**Record set**
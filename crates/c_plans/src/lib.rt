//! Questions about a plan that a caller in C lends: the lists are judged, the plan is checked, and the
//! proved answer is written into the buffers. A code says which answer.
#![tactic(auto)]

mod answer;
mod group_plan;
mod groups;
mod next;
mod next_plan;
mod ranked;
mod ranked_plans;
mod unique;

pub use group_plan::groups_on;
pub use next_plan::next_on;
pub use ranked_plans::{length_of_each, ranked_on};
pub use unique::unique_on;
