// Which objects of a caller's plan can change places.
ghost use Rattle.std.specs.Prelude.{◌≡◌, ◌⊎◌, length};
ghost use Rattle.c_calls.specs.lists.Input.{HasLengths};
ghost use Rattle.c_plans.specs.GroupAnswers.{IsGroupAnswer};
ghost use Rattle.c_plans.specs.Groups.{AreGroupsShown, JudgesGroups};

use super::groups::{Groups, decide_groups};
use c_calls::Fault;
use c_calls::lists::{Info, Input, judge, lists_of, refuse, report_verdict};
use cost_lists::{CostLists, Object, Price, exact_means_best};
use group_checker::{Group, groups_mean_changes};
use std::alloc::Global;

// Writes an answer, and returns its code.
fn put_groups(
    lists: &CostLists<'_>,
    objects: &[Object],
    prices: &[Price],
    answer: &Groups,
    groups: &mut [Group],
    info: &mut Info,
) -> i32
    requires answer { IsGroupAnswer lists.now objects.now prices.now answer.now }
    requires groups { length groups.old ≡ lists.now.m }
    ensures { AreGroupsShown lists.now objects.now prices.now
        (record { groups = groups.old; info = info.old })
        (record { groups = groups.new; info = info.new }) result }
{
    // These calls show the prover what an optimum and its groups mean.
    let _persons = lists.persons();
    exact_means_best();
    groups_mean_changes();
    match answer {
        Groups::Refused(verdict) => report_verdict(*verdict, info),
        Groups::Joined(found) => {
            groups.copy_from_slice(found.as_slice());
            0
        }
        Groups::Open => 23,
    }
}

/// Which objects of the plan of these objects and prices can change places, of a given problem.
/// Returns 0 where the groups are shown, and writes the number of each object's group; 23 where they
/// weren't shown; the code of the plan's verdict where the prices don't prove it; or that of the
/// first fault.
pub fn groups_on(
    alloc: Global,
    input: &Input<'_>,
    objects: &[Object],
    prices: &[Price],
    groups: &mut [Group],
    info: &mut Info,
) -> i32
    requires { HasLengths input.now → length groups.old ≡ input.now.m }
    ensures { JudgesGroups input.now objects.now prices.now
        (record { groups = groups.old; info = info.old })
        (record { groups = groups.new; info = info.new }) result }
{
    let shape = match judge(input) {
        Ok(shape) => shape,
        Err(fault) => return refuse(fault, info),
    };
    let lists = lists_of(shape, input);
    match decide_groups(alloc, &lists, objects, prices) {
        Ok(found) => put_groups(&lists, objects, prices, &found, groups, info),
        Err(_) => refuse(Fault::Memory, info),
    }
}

**Directions for this task**
Looking back over the data above, restate word for word the lines that begin at the line with "HasLengths input.now →" and end at the line with "let shape = match", inclusive.

**Answer to the problem**
    requires { HasLengths input.now → length groups.old ≡ input.now.m }
    ensures { JudgesGroups input.now objects.now prices.now
        (record { groups = groups.old; info = info.old })
        (record { groups = groups.new; info = info.new }) result }
{
    let shape = match judge(input) {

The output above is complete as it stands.